Haha, has he really?

-Petey


----------



## Fordy74 (May 22, 2002)

Highlight reel dunks by JC wit another off the glass to himself, ariza, taylor, rose, jerome williams with a real sweet drive and jam. what a beautiful all around game defensively and offensively. How could anyone hate on Isiah Thomas?? would you rather still watch weatherspoon, harrington, eisley, shandon, etc.??? This game was soooooooo fun to watch, this team is NOTHING like the boring and barely watcheable teams from the past two seasons. This team is only going o keep getting better and better with Isiah at the helm.


----------



## knicksfan (Jan 4, 2003)

Can someone say PLAYOFFS?


----------



## Fordy74 (May 22, 2002)

knicksfan said:


> Can someone say PLAYOFFS?


If the teams we are chasing keep winning like they did tonigt we will not make it. Pacers,sixers,bulls etc...


----------



## G-Force (Jan 4, 2005)

Very impressive win - the Knicks won all four quarters and had very balanced scoring by six players in double figures. You are gonna win a lot of guys when you shoot that well as a team, too. Very nice win over a hot Celtics team.

G-Force


----------



## MPK (Oct 20, 2002)

Very impressed with the Knicks performance last night. Defense, hustle, attitude, intensity...all hallmarks of the Knicks teams that I adored while growing up. I am however taking this win with a grain of salt because of the fact that the Knicks have been a quality team at home all season. The real test will come on this next roadtrip. If they can pick up games on the Sixers, Magic, and Nets during the trip then they deserve to make the playoffs. I don't know what has gotten into this team, but maybe Herb Williams should be given a full season to prove what he can do. 

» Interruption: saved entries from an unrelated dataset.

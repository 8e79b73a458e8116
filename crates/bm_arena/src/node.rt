//! Nodes. Contracts of code see them as those of the definitions, by the functions of specs/NodeView.

use bm_syntax::{Name, Path, Pred};

/// A choice at a position, or a branch.
pub enum Node {
    /// Where the choice stands, and the numbers of its branches in order.
    Choice {
        position: Path,
        branches: Vec<u32>,
    },
    /// The parties that the branch asks, each once and outermost first, its lock as a block height, and what it does.
    Branch {
        path: Path,
        asks: Vec<Name>,
        lock: u32,
        core: Core,
    },
}

impl Drop for Node {
    fn drop(self) {
        match self {
            Node::Choice {
                position: _,
                branches: _,
            }
            | Node::Branch {
                path: _,
                asks: _,
                lock: _,
                core: _,
            } => {}
        }
    }
}

/// What a branch does.
pub enum Core {
    /// Goes on with the choice of number `next`.
    PutReveal {
        puts: Vec<Name>,
        reveals: Vec<Name>,
        test: Pred,
        next: u32,
    },
    Withdraw {
        party: Name,
    },
    /// The value of each part in satoshi, and the number of its choice.
    Split {
        parts: Vec<(u64, u32)>,
    },
}

impl Drop for Core {
    fn drop(self) {
        match self {
            Core::PutReveal {
                puts: _,
                reveals: _,
                test: _,
                next: _,
            }
            | Core::Withdraw { party: _ }
            | Core::Split { parts: _ } => {}
        }
    }
}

Additionally, it appears that Isiah's deadline deals have had some impact. I was skeptical of the plan to run out as many undersized power fowards as possible, but Malik Rose's contribution has been obvious and Maurice Taylor has demonstrated that if given minutes he can be an effective force in the post and on the glass...


----------



## RHJENYK (Jan 5, 2005)

YEAH THEY BEAT THE CELTICS BADLY 

GO KNICKS KEEP IT UP :clap: :clap:


----------



## Turkish Delight (Mar 17, 2004)

I don't get it, the Knicks trade away Nazr and they start to play a lot better.
What gives?


----------



## Weasel (Oct 18, 2003)

Knicks Punctuate Evening With Rout 



> "Nobody's going to come in here and push us around," said Tim Thomas, whose first-quarter showdown with Paul Pierce drew a double-technical foul. "We all want to go out there and compete, but when you start coming out of your character, then it's another story."

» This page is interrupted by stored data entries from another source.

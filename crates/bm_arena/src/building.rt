//! The nodes of a contract, one after the other.

ghost use Rattle.std.specs.Prelude.{◌≡◌, ◌+◌, ◌<◌, ◌^◌, [], ◌∷◌, ◌++◌, length, map, IfOk, OnOk};
ghost use Rattle.spec_terms.specs.Core as core;
ghost use Rattle.spec_terms.specs.Parties.{add_all};
ghost use Rattle.bm_syntax.specs.View.{guarded, contract, choice_of, parts_of, part_view};
ghost use Rattle.spec_nodes.specs.Nodes.{choice_count, branches_count, branch_count, parts_count};
ghost use Rattle.spec_nodes.specs.Nodes.{nodes_of, choice_nodes, branches_nodes, branch_nodes, parts_nodes};
ghost use Rattle.spec_nodes.specs.Nodes.{branch_numbers, part_numbers, asks_once, choice_node, branch_node, splits};
ghost use Rattle.bm_arena.specs.NodeView.{deed_view};

use crate::arena::Arena;
use crate::node::{Core, Node};
use bm_syntax::copies::copy_test;
use bm_syntax::{Contract, Guarded, Name, Part, Path, PathStep, add_new, lock, longer};
use spec_data::OutOfMemory;
use std::alloc::Global;

// The parties that a branch asks, each that is new.
fn add_asked(names: &mut Vec<Name>, branch: &Guarded) -> Result<(), OutOfMemory>
    ensures { OnOk result (names.new.items ≡ add_all names.old.items (core.asks (guarded branch.now))) }
{
    match branch {
        Guarded::Auth { party, body } => {
            add_new(names, party)?;
            add_asked(names, body)
        }
        Guarded::After { body, .. } => add_asked(names, body),
        _ => Ok(()),
    }
}

// The parties that a branch asks, each once, outermost first.
fn asked_once(alloc: Global, branch: &Guarded) -> Result<Vec<Name>, OutOfMemory>
    ensures { IfOk result (λ names. names.items ≡ asks_once (guarded branch.now)) }
{
    let mut names = Vec::new(alloc);
    add_asked(&mut names, branch)?;
    Ok(names)
}

// The choice at a position, and all that stands under it.
#[cycle(build)]
fn put_choice(
    alloc: Global,
    arena: &mut Arena,
    position: &Path,
    choice: &Contract,
) -> Result<(), OutOfMemory>
    requires { length arena.old + choice_count (contract choice.now) < 2 ^ 32 }
    ensures made { OnOk result (arena.new ≡ arena.old ++ choice_nodes position.now (length arena.old) (contract choice.now)) }
    ensures count { OnOk result (length arena.new ≡ length arena.old + choice_count (contract choice.now)) }
{
    let number = arena.len();
    put_place(alloc, arena)?;
    let branches = put_branches(alloc, arena, position, &choice.branches)?;
    arena.set(
        number,
        Node::Choice {
            position: position.copy(alloc)?,
            branches,
        },
    );
    Ok(())
}

// The branches of the choice at a position, with all that stands under them, and the branches' numbers.
#[cycle(build)]
fn put_branches(
    alloc: Global,
    arena: &mut Arena,
    position: &Path,
    branches: &[Guarded],
) -> Result<Vec<u32>, OutOfMemory>
    requires { length arena.old + branches_count (choice_of (map guarded branches.now)) < 2 ^ 32 }
    ensures made { let terms = choice_of (map guarded branches.now) in
        OnOk result (arena.new ≡ arena.old ++ branches_nodes position.now 0 (length arena.old) terms) }
    ensures count { OnOk result (length arena.new ≡ length arena.old + branches_count (choice_of (map guarded branches.now))) }
    ensures numbers { IfOk result (λ numbers. numbers.items ≡ branch_numbers (length arena.old) (choice_of (map guarded branches.now))) }
{
    let mut numbers = Vec::new(alloc);
    for (i, branch) in branches.iter().enumerate() {
        numbers.push(arena.len())?;
        let path = longer(alloc, position, PathStep::Branch(i as u32))?;
        let asked = asked_once(alloc, branch)?;
        put_branch(alloc, arena, &path, asked, lock(branch), branch)?;
    }
    Ok(numbers)
}

// The branch at a path, which asks these parties and has this lock.
#[cycle(build)]
fn put_branch(
    alloc: Global,
    arena: &mut Arena,
    path: &Path,
    asked: Vec<Name>,
    height: u32,
    branch: &Guarded,
) -> Result<(), OutOfMemory>
    requires { length arena.old + branch_count (guarded branch.now) < 2 ^ 32 }
    ensures made { let term = guarded branch.now in
        OnOk result (arena.new ≡ arena.old ++ branch_nodes path.now (length arena.old) asked.items height term) }
    ensures count { OnOk result (length arena.new ≡ length arena.old + branch_count (guarded branch.now)) }
{
    match branch {
        Guarded::Auth { body, .. } => put_branch(alloc, arena, path, asked, height, body),
        Guarded::After { body, .. } => put_branch(alloc, arena, path, asked, height, body),
        Guarded::PutReveal {
            puts,
            reveals,
            test,
            next,
        } => {
            let core = Core::PutReveal {
                puts: Vec::from_slice(alloc, puts)?,
                reveals: Vec::from_slice(alloc, reveals)?,
                test: copy_test(alloc, test)?,
                next: arena.len() + 1,
            };
            put_node(alloc, arena, path, asked, height, core)?;
            put_choice(alloc, arena, path, next)
        }
        Guarded::Withdraw { party } => {
            let core = Core::Withdraw { party: *party };
            put_node(alloc, arena, path, asked, height, core)
        }
        Guarded::Split { parts } => put_split(alloc, arena, path, asked, height, parts),
    }
}

// A branch's node.
fn put_node(
    alloc: Global,
    arena: &mut Arena,
    path: &Path,
    asks: Vec<Name>,
    lock: u32,
    core: Core,
) -> Result<(), OutOfMemory>
    requires { length arena.old + 1 < 2 ^ 32 }
    ensures { OnOk result (arena.new ≡ arena.old ++ branch_node path.now asks.items lock (deed_view core) ∷ []) }
{
    arena.push(Node::Branch {
        path: path.copy(alloc)?,
        asks,
        lock,
        core,
    })
}

// The split at a path, with its parts and all that stands under them.
#[cycle(build)]
fn put_split(
    alloc: Global,
    arena: &mut Arena,
    path: &Path,
    asked: Vec<Name>,
    height: u32,
    parts: &[Part],
) -> Result<(), OutOfMemory>
    requires { length arena.old + (1 + parts_count (parts_of (map part_view parts.now))) < 2 ^ 32 }
    ensures made { let terms = parts_of (map part_view parts.now) in
        let first = length arena.old + 1 in
        OnOk result (arena.new ≡ arena.old
        ++ branch_node path.now asked.items height (splits (part_numbers first terms)) ∷ parts_nodes path.now 0 first terms) }
    ensures count { OnOk result (length arena.new ≡ length arena.old + (1 + parts_count (parts_of (map part_view parts.now)))) }
{
    let number = arena.len();
    put_place(alloc, arena)?;
    let numbers = put_parts(alloc, arena, path, parts)?;
    arena.set(
        number,
        Node::Branch {
            path: path.copy(alloc)?,
            asks: asked,
            lock: height,
            core: Core::Split { parts: numbers },
        },
    );
    Ok(())
}

// A node that is written later.
fn put_place(alloc: Global, arena: &mut Arena) -> Result<(), OutOfMemory>
    requires { length arena.old + 1 < 2 ^ 32 }
    ensures { OnOk result (arena.new ≡ arena.old ++ choice_node [] [] ∷ []) }
{
    arena.push(Node::Choice {
        position: Path::of(Vec::new(alloc)),
        branches: Vec::new(alloc),
    })
}

// The parts of the split at a path, each with its value and the number of its choice.
#[cycle(build)]
fn put_parts(
    alloc: Global,
    arena: &mut Arena,
    path: &Path,
    parts: &[Part],
) -> Result<Vec<(u64, u32)>, OutOfMemory>
    requires { length arena.old + parts_count (parts_of (map part_view parts.now)) < 2 ^ 32 }
    ensures made { let terms = parts_of (map part_view parts.now) in
        OnOk result (arena.new ≡ arena.old ++ parts_nodes path.now 0 (length arena.old) terms) }
    ensures count { OnOk result (length arena.new ≡ length arena.old + parts_count (parts_of (map part_view parts.now))) }
    ensures numbers { IfOk result (λ numbers. numbers.items ≡ part_numbers (length arena.old) (parts_of (map part_view parts.now))) }
{
    let mut numbers = Vec::new(alloc);
    for (k, part) in parts.iter().enumerate() {
        numbers.push((part.value, arena.len()))?;
        let position = longer(alloc, path, PathStep::Part(k as u32))?;
        put_choice(alloc, arena, &position, &part.next)?;
    }
    Ok(numbers)
}

impl Arena {
    /// The nodes of a contract. One that was checked has at most 1,024.
    pub fn of(alloc: Global, root: &Contract) -> Result<Arena, OutOfMemory>
        requires { choice_count (contract root.now) < 2 ^ 32 }
        ensures { IfOk result (λ arena. arena ≡ nodes_of (contract root.now)) }
    {
        let mut arena = Arena::new(alloc);
        put_choice(alloc, &mut arena, &Path::of(Vec::new(alloc)), root)?;
        Ok(arena)
    }
}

> Jamal Crawford led the Knicks with 21 points, including a dunk set up by a pass to himself off the backboard. It was the second time in two weeks he has used the play, which he admitted could have drawn the ire of his opponent.


 TECHNICAL KNOCKOUT 



> Finally, the Knicks, who lost by 34 points to Boston in their home opener, had enough sand kicked in their faces. With Boston's Tony Allen on the free-throw line with 9:38 left in the first quarter, Celtic sixth man Ricky Davis yapped from the bench, repeatedly screaming at Jamal Crawford, "Garbage, you're garbage," and yelping, "It's going to be over early."
> 
> Stephon Marbury, standing alongside the lane, turned around and shouted back at Davis, "Sit your (butt) back down where it belongs on the bench" while Davis continued his harangue. The officials blew the whistle and called double technicals on Marbury and Davis.


Knicks show mean streak 



> The win, arguably the Knicks' most impressive victory of the season, improved their record to 29-37 heading into their four-game West Coast trip that begins tomorrow in Seattle. Crawford finished with 21 points while the Knicks bench and Thomas' tough-guy tactics were also huge factors.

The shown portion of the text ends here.